ACTIVITY: Produce the records again in full, exactly as shown below.

LISTED ENTRIES:
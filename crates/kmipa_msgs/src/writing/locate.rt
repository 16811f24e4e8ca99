//! Locate: what is asked for, and its answer.

ghost use Rattle.std.specs.Prelude.{◌≡◌, IfOk};
ghost use Rattle.kmipa_ttlv.specs.Tree.{structure};
ghost use Rattle.kmipa_ttlv.specs.ItemTree.{tree};
ghost use Rattle.kmipa_attrs.specs.Filters.{filter_of};
ghost use Rattle.kmipa_attrs.specs.Sets.{attributes_of};
ghost use Rattle.kmipa_attrs.specs.Tags.{request_payload, response_payload};
ghost use Rattle.kmipa_msgs.specs.Messages.{locate_of, located_of};
ghost use Rattle.kmipa_msgs.specs.Locates.{sought_attributes, locate_fields, located_fields};
ghost use Rattle.kmipa_msgs.specs.WrittenFields.{in_order};

use super::fields::Fields;
use crate::request::Locate;
use crate::response::Located;
use kmipa_attrs::tags::{MAXIMUM_ITEMS, REQUEST_PAYLOAD, RESPONSE_PAYLOAD, UNIQUE_IDENTIFIER};
use kmipa_attrs::{AttrSet, Filter, write_attrs};
use kmipa_ttlv::Item;
use std::alloc::{AllocError, Global};

/// The Request Payload of a Locate. Its Attributes are there also where they are empty.
pub(super) fn write_locate(alloc: Global, locate: &Locate) -> Result<Item, AllocError>
    ensures { IfOk result
        (λ item. tree item ≡ structure request_payload (in_order (locate_fields (locate_of locate.now)))) }
{
    let mut fields = Fields::new(alloc);
    let attributes = sought(alloc, &locate.filter)?;
    fields.integer(MAXIMUM_ITEMS, locate.filter.maximum)?;
    fields.item(write_attrs(alloc, &attributes)?)?;
    Ok(fields.structure(REQUEST_PAYLOAD))
}

/// The attributes by which a filter is written.
fn sought(alloc: Global, filter: &Filter) -> Result<AttrSet, AllocError>
    ensures { IfOk result (λ set. attributes_of set ≡ sought_attributes (filter_of filter.now)) }
{
    let filter = filter.copy(alloc)?;
    Ok(AttrSet {
        names: filter.names,
        object_type: filter.object_type,
        algorithm: filter.algorithm,
        length: filter.length,
        mask: None,
        state: filter.state,
        initial: None,
        activation: None,
        deactivation: None,
        destroy: None,
        compromise: None,
    })
}

/// The Response Payload of a Locate, with the identifiers in their order.
pub(super) fn write_located(alloc: Global, located: &Located) -> Result<Item, AllocError>
    ensures { IfOk result
        (λ item. tree item ≡ structure response_payload (in_order (located_fields (located_of located.now)))) }
{
    let mut fields = Fields::new(alloc);
    for id in &located.ids {
        fields.text(UNIQUE_IDENTIFIER, Some(*id))?;
    }
    Ok(fields.structure(RESPONSE_PAYLOAD))
}
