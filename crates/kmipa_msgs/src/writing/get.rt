//! Get: what is asked for, and its answer.

ghost use Rattle.std.specs.Prelude.{◌≡◌, IfOk};
ghost use Rattle.kmipa_ttlv.specs.Tree.{structure};
ghost use Rattle.kmipa_ttlv.specs.ItemTree.{tree};
ghost use Rattle.kmipa_attrs.specs.Tags.{request_payload, response_payload};
ghost use Rattle.kmipa_msgs.specs.Messages.{maybe_lent, got_of};
ghost use Rattle.kmipa_msgs.specs.WrittenFields.{in_order, identifier_fields};
ghost use Rattle.kmipa_msgs.specs.Gets.{got_fields};

use super::fields::Fields;
use super::object::write_object;
use crate::request::Get;
use crate::response::Got;
use kmipa_attrs::ObjectType;
use kmipa_attrs::tags::{OBJECT_TYPE, REQUEST_PAYLOAD, RESPONSE_PAYLOAD, UNIQUE_IDENTIFIER};
use kmipa_ttlv::Item;
use std::alloc::{AllocError, Global};

/// The Request Payload of a Get.
pub(super) fn write_get(alloc: Global, get: &Get) -> Result<Item, AllocError>
    ensures { IfOk result
        (λ item. tree item ≡ structure request_payload (in_order (identifier_fields (maybe_lent get.now.id)))) }
{
    let mut fields = Fields::new(alloc);
    fields.text(UNIQUE_IDENTIFIER, get.id)?;
    Ok(fields.structure(REQUEST_PAYLOAD))
}

/// The Response Payload of a Get.
pub(super) fn write_got(alloc: Global, got: &Got) -> Result<Item, AllocError>
    ensures { IfOk result (λ item. tree item ≡ structure response_payload (in_order (got_fields (got_of got.now)))) }
{
    let mut fields = Fields::new(alloc);
    fields.enumeration(OBJECT_TYPE, got.object_type.map(ObjectType::number))?;
    fields.text(UNIQUE_IDENTIFIER, got.id)?;
    fields.item(write_object(alloc, got.shape, &got.block)?)?;
    Ok(fields.structure(RESPONSE_PAYLOAD))
}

TASK RESULT:
filename crates/kmipa_msgs/src/writing/locate.rt
repository 16811f24e4e8ca99
//! Locate: what is asked for, and its answer.

ghost use Rattle.std.specs.Prelude.{◌≡◌, IfOk};
ghost use Rattle.kmipa_ttlv.specs.Tree.{structure};
ghost use Rattle.kmipa_ttlv.specs.ItemTree.{tree};
ghost use Rattle.kmipa_attrs.specs.Filters.{filter_of};
ghost use Rattle.kmipa_attrs.specs.Sets.{attributes_of};
ghost use Rattle.kmipa_attrs.specs.Tags.{request_payload, response_payload};
ghost use Rattle.kmipa_msgs.specs.Messages.{locate_of, located_of};
ghost use Rattle.kmipa_msgs.specs.Locates.{sought_attributes, locate_fields, located_fields};
ghost use Rattle.kmipa_msgs.specs.WrittenFields.{in_order};

use super::fields::Fields;
use crate::request::Locate;
use crate::response::Located;
use kmipa_attrs::tags::{MAXIMUM_ITEMS, REQUEST_PAYLOAD, RESPONSE_PAYLOAD, UNIQUE_IDENTIFIER};
use kmipa_attrs::{AttrSet, Filter, write_attrs};
use kmipa_ttlv::Item;
use std::alloc::{AllocError, Global};

/// The Request Payload of a Locate. Its Attributes are there also where they are empty.
pub(super) fn write_locate(alloc: Global, locate: &Locate) -> Result<Item, AllocError>
    ensures { IfOk result
        (λ item. tree item ≡ structure request_payload (in_order (locate_fields (locate_of locate.now)))) }
{
    let mut fields = Fields::new(alloc);
    let attributes = sought(alloc, &locate.filter)?;
    fields.integer(MAXIMUM_ITEMS, locate.filter.maximum)?;
    fields.item(write_attrs(alloc, &attributes)?)?;
    Ok(fields.structure(REQUEST_PAYLOAD))
}

/// The attributes by which a filter is written.
fn sought(alloc: Global, filter: &Filter) -> Result<AttrSet, AllocError>
    ensures { IfOk result (λ set. attributes_of set ≡ sought_attributes (filter_of filter.now)) }
{
    let filter = filter.copy(alloc)?;
    Ok(AttrSet {
        names: filter.names,
        object_type: filter.object_type,
        algorithm: filter.algorithm,
        length: filter.length,
        mask: None,
        state: filter.state,
        initial: None,
        activation: None,
        deactivation: None,
        destroy: None,
        compromise: None,
    })
}

/// The Response Payload of a Locate, with the identifiers in their order.
pub(super) fn write_located(alloc: Global, located: &Located) -> Result<Item, AllocError>
    ensures { IfOk result
        (λ item. tree item ≡ structure response_payload (in_order (located_fields (located_of located.now)))) }
{
    let mut fields = Fields::new(alloc);
    for id in &located.ids {
        fields.text(UNIQUE_IDENTIFIER, Some(*id))?;
    }
    Ok(fields.structure(RESPONSE_PAYLOAD))
}
filename crates/kmipa_msgs/src/writing/get.rt
//! Get: what is asked for, and its answer.

ghost use Rattle.std.specs.Prelude.{◌≡◌, IfOk};
ghost use Rattle.kmipa_ttlv.specs.Tree.{structure};
ghost use Rattle.kmipa_ttlv.specs.ItemTree.{tree};
ghost use Rattle.kmipa_attrs.specs.Tags.{request_payload, response_payload};
ghost use Rattle.kmipa_msgs.specs.Messages.{maybe_lent, got_of};
ghost use Rattle.kmipa_msgs.specs.WrittenFields.{in_order, identifier_fields};
ghost use Rattle.kmipa_msgs.specs.Gets.{got_fields};

use super::fields::Fields;
use super::object::write_object;
use crate::request::Get;
use crate::response::Got;
use kmipa_attrs::ObjectType;
use kmipa_attrs::tags::{OBJECT_TYPE, REQUEST_PAYLOAD, RESPONSE_PAYLOAD, UNIQUE_IDENTIFIER};
use kmipa_ttlv::Item;
use std::alloc::{AllocError, Global};

/// The Request Payload of a Get.
pub(super) fn write_get(alloc: Global, get: &Get) -> Result<Item, AllocError>
    ensures { IfOk result
        (λ item. tree item ≡ structure request_payload (in_order (identifier_fields (maybe_lent get.now.id)))) }
{
    let mut fields = Fields::new(alloc);
    fields.text(UNIQUE_IDENTIFIER, get.id)?;
    Ok(fields.structure(REQUEST_PAYLOAD))
}

/// The Response Payload of a Get.
pub(super) fn write_got(alloc: Global, got: &Got) -> Result<Item, AllocError>
    ensures { IfOk result (λ item. tree item ≡ structure response_payload (in_order (got_fields (got_of got.now)))) }
{
    let mut fields = Fields::new(alloc);
    fields.enumeration(OBJECT_TYPE, got.object_type.map(ObjectType::number))?;
    fields.text(UNIQUE_IDENTIFIER, got.id)?;
    fields.item(write_object(alloc, got.shape, &got.block)?)?;
    Ok(fields.structure(RESPONSE_PAYLOAD))
}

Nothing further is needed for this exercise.